By Motlagae Konyana
It is impossible to have a relationship in which there is never a need for an apology. Being in relationships with others means risking the possibility that we will be hurt or disappointed and hurt and disappoint others. Are you expecting an apology from someone?
Forgiveness does not mean that the person who hurt you is no longer accountable for what they did. It also doesn’t require that you forget the situation ever happened. You don’t have to tell that person that you forgive them.

Talk with Sotho presenter Mabasotho Meyer speaks about forgiveness and what waiting on an apology from someone would look like.
“I am waiting for an apology from a lady who once hurt me, and this caused me to break my partner’s heart. I am also seeking forgiveness, says Lebohang
What needs to be healed in you that makes you accept certain behaviour from other partners? Being willing to take these causes so much pain for you, says Life Coach, Anita Paropoulos. Waiting for an apology from someone can be attributed to your values. The person you are waiting for an apology from does not value what you do.
READ: WeTnesday: What after-sex habits do you or your partner have?
The anatomy of an apology requires more than just saying ‘I am Sorry’. An apology needs to express remorse. A genuine apology involves pain, suffering and soul-searching regret. It may represent your concern that you have harmed your relationship and that you value the relationship.
An apology template when you cheated on your partner and ended up being in hospital affected their self-esteem.
Step 1: Say you are sorry: I am sorry that I cheated on you, and it caused you to doubt yourself.
Step 2: Be clear about what you understand the impact: I know that the cheating really hurt you and that you had to stay home from work.
Step 3: Empathize: If I was in your shoes, I would be really upset about that.
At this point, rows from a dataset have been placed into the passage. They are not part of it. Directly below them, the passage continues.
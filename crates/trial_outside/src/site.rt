//! The site of a trial: a file and an infrastructure in memory that refuses each sixteenth begin and does every other
//! job at the first look.
ghost use Rattle.std.specs.Prelude.{◌≡◌, ◌≤◌, ◌↔◌, ◌+◌, IfOk, IsTrue, IsSome, OnOk, [], drop, length, take};
ghost use Rattle.site_traits.specs.Counts.{Ask, DiskCause, abort_counts, asked, begin_counts, look_counts, one_more};
ghost use Rattle.site_traits.specs.Jobs.{phase_of};
ghost use Rattle.site_traits.specs.MemSite.{state_of as told};
ghost use Rattle.site_traits.specs.Site.{Aborts, Begins, Cuts, Looks, Reads, Syncs, Writes};
ghost use Rattle.trial_outside.specs.Going.{GoesAsPlanned, GoesAsPlanned-prop};

use crate::plans::{BEGINS, FILE_BYTES, all_plans};
use lcm_events::{Act, Tag};
use site_traits::{AbortAnswer, BeginAnswer, DiskFailed, LookAnswer, MemSite, Site, SitePlan};
use std::alloc::{AllocError, Global};

/// The site of a trial, in memory, which tells all.
///
/// Each sixteenth begin that is answered is refused with code 9, and every other is taken: its job does its work at the
/// first look, on the resource `r` with the job's place among those taken, from 1. So each look that is answered finds
/// its job done.
///
/// A begin fails behind 65,536 that were answered, where a begin, a look or an abort failed before, and where there is
/// no memory for a copy of the work; a look fails at a job that isn't there; each abort fails. Each of the three fails,
/// and each disk call, where there is no room for it on record: there is for 1,048,576 calls, and for 142,606,336 bytes
/// written. A write past the 71,303,168 bytes that the file has room for fails too.
///
/// Source: own rule.
pub struct TrialSite {
    inner: MemSite,
    begins: u64,
    vim_faults: u64,
    look_faults: u64,
    pub ghost goes: { GoesAsPlanned inner begins vim_faults } by { GoesAsPlanned-prop inner begins vim_faults },
}

impl Drop for TrialSite {
    // Written out, so that the proof of a caller calls it and doesn't take the value apart at each of its ends.
    fn drop(self) {
        let TrialSite {
            inner: _,
            begins: _,
            vim_faults: _,
            look_faults: _,
        } = self;
    }
}

/// Whether the site has a job of this tag.
fn has_job(site: &MemSite, tag: &Tag) -> bool
    ensures { IsTrue result ↔ IsSome (phase_of tag.now (told site.now).jobs) }
{
    let mut place = site.jobs();
    while place > 0 {
        place -= 1;
        if *tag == site.job(place).0 {
            return true;
        }
    }
    false
}

impl TrialSite {
    ghost use Rattle.trial_outside.specs.TrialSite.{IsFreshSite, counts_of, state_of};

    /// A site with an empty file and no job, on which no call was made.
    ///
    /// It takes all its room, but for the names in the work of jobs.
    pub fn new(alloc: Global) -> Result<TrialSite, AllocError>
        ensures { IfOk result IsFreshSite }
    {
        let plan = SitePlan {
            bytes: FILE_BYTES,
            jobs: BEGINS as usize,
            failing: Vec::new(alloc),
            work: all_plans(alloc)?,
        };
        Ok(TrialSite {
            inner: MemSite::new(alloc, plan)?,
            begins: 0,
            vim_faults: 0,
            look_faults: 0,
        })
    }

    /// How many begins were answered.
    pub fn begins(&self) -> u64
        ensures { result ≡ length (state_of self.now).answers.begins }
    {
        self.begins
    }

    /// How many jobs there are.
    pub fn jobs(&self) -> usize
        ensures { result ≡ length (state_of self.now).jobs }
    {
        self.inner.jobs()
    }

    /// How many begins, looks and aborts failed.
    pub fn vim_faults(&self) -> u64
        ensures { result ≡ (counts_of self.now).vim }
    {
        self.vim_faults
    }

    /// How many disk calls failed.
    pub fn faults(&self) -> u64
        ensures { result ≡ (counts_of self.now).disk }
    {
        self.inner.faults()
    }

    /// The file's length in bytes.
    pub fn size(&self) -> usize
        ensures { result ≡ length (state_of self.now).image }
    {
        self.inner.file().len()
    }
}

impl Site for TrialSite {
    ghost use Rattle.trial_outside.specs.TrialSite.{counts_of, state_of};

    ghost tells = { Unit {0} };

    ghost state = { state_of };

    ghost counts = { counts_of };

    fn length(&mut self) -> Result<u64, DiskFailed>
        ensures length { IfOk result (λ n. n ≡ length (state_of self.old).image) }
        ensures told { Reads (state_of self.old) (state_of self.new) }
        ensures cause { DiskCause (counts_of self.old) (counts_of self.new) result }
    {
        self.inner.length()
    }

    fn read_at(&mut self, at: u64, into: &mut [u8]) -> Result<(), DiskFailed>
        requires { at + length into.old ≤ length (state_of self.old).image }
        ensures bytes { OnOk result (into.new ≡ take (length into.old) (drop at (state_of self.old).image)) }
        ensures told { Reads (state_of self.old) (state_of self.new) }
        ensures cause { DiskCause (counts_of self.old) (counts_of self.new) result }
    {
        self.inner.read_at(at, into)
    }

    fn write_at(&mut self, at: u64, bytes: &[u8]) -> Result<(), DiskFailed>
        requires { at ≤ length (state_of self.old).image }
        ensures told { Writes at bytes.now result (state_of self.old) (state_of self.new) }
        ensures cause { DiskCause (asked Ask.write (counts_of self.old)) (counts_of self.new) result }
    {
        self.inner.write_at(at, bytes)
    }

    fn cut(&mut self, to: u64) -> Result<(), DiskFailed>
        requires { to ≤ length (state_of self.old).image }
        ensures told { Cuts to result (state_of self.old) (state_of self.new) }
        ensures cause { DiskCause (asked Ask.cut (counts_of self.old)) (counts_of self.new) result }
    {
        self.inner.cut(to)
    }

    fn sync(&mut self) -> Result<(), DiskFailed>
        ensures told { Syncs result (state_of self.old) (state_of self.new) }
        ensures cause { DiskCause (asked Ask.sync (counts_of self.old)) (counts_of self.new) result }
    {
        self.inner.sync()
    }

    fn begin(&mut self, tag: &Tag, act: &Act) -> BeginAnswer
        ensures told { Begins tag.now act.now result (state_of self.old) (state_of self.new) }
        ensures cause { counts_of self.new ≡ begin_counts result (counts_of self.old) }
    {
        if self.vim_faults > 0 || self.begins >= BEGINS {
            self.vim_faults = self.vim_faults.saturating_add(1);
            return BeginAnswer::Failed;
        }
        let answer = self.inner.begin(tag, act);
        if let BeginAnswer::Failed = answer {
            self.vim_faults = self.vim_faults.saturating_add(1);
            return answer;
        }
        self.begins += 1;
        answer
    }

    fn look(&mut self, tag: &Tag) -> LookAnswer
        ensures told { Looks tag.now result (state_of self.old) (state_of self.new) }
        ensures cause { counts_of self.new ≡ look_counts result (counts_of self.old) }
    {
        if !has_job(&self.inner, tag) {
            self.vim_faults = self.vim_faults.saturating_add(1);
            self.look_faults = self.look_faults.saturating_add(1);
            return LookAnswer::Failed;
        }
        let answer = self.inner.look(tag);
        if let LookAnswer::Failed = answer {
            self.vim_faults = self.vim_faults.saturating_add(1);
            self.look_faults = self.look_faults.saturating_add(1);
        }
        answer
    }

    fn abort(&mut self, tag: &Tag) -> AbortAnswer
        ensures told { Aborts tag.now result (state_of self.old) (state_of self.new) }
        ensures cause { counts_of self.new ≡ abort_counts result (counts_of self.old) }
    {
        self.vim_faults = self.vim_faults.saturating_add(1);
        AbortAnswer::Failed
    }
}

#[cfg(test)]
mod tests {
    use super::*;
    use lcm_events::{DefKind, Names, Verb, Way};
    use std::test::Fail;
    use vnfm_base::Name;

    /// The first attempt at this change of occurrence 1.
    fn tag_of(change: u16) -> Tag {
        Tag {
            occ: 1,
            change,
            attempt: 1,
            way: Way::Forward,
        }
    }

    /// The work of a link.
    fn link(alloc: Global) -> Option<Act> {
        let name = Name::of(b"net")?;
        Some(Act {
            verb: Verb::Create,
            kind: DefKind::Link,
            template: name,
            vdu: name,
            serial: 0,
            vim: name,
            zone: name,
            size: 0,
            cpus: 0,
            on: Names::new(alloc),
        })
    }

    #[test]
    fn the_sixteenth_begin_is_refused(rt: HostRuntime) -> Result<(), Fail> {
        let mut site = TrialSite::new(rt.alloc())?;
        let work = link(rt.alloc()).ok_or("a name")?;
        for change in 0..15 {
            let answer = site.begin(&tag_of(change), &work);
            assert!(rt; matches!(answer, BeginAnswer::Begun), "at {change}");
        }
        let answer = site.begin(&tag_of(15), &work);
        assert!(rt; matches!(answer, BeginAnswer::Refused(9)));
        assert_eq!(rt; site.begins(), 16);
        assert_eq!(rt; site.jobs(), 15);
        assert_eq!(rt; site.vim_faults(), 0);
        Ok(())
    }

    #[test]
    fn a_look_finds_its_job_done(rt: HostRuntime) -> Result<(), Fail> {
        let mut site = TrialSite::new(rt.alloc())?;
        let work = link(rt.alloc()).ok_or("a name")?;
        for change in 0..3 {
            let _ = site.begin(&tag_of(change), &work);
        }
        let LookAnswer::Done(name) = site.look(&tag_of(1)) else {
            return Err("it isn't done".into());
        };
        assert_eq!(rt; name.as_str(), "r2");
        assert!(rt;
            matches!(site.look(&tag_of(3)), LookAnswer::Failed),
            "no job"
        );
        assert!(rt;
            matches!(site.begin(&tag_of(3), &work), BeginAnswer::Failed),
            "behind it"
        );
        assert_eq!(rt; site.vim_faults(), 2);
        Ok(())
    }
}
I would probably feel super disappointed and sad. And when you told me it made you not trust me anymore, it made so much sense you would; feel that way.
Step 4: Ask for forgiveness: I really want to continue our friendship. I realize that you might not be ready to do this right now, but I hope you can forgive me at some point.
Step 5: Rebuild trust: What can I do to help you rebuild that trust? How can I make this right? Remember, the apology is for them and not for you. The other person is allowed to respond in many ways. They might choose not to forgive you, or they might decide to forgive very quickly. They get to choose, though.
Do
1. Put yourself in the role of the victim, and say what you would want to hear.
2. Address the victim, admit guilt, and ask for forgiveness.
3. Offer restitution or correction, if possible.
4. Apologize for your actions or words and not because you were misunderstood.
Forgiveness, instead, is sitting down and accepting what happened and that it’s done. It’s an acknowledgement of the past and how it’s affected you and your growth. This involves a willingness to let go of the anger and bitterness and allowing yourself to be happy.
Most of the time, the pain we cause is not intentional.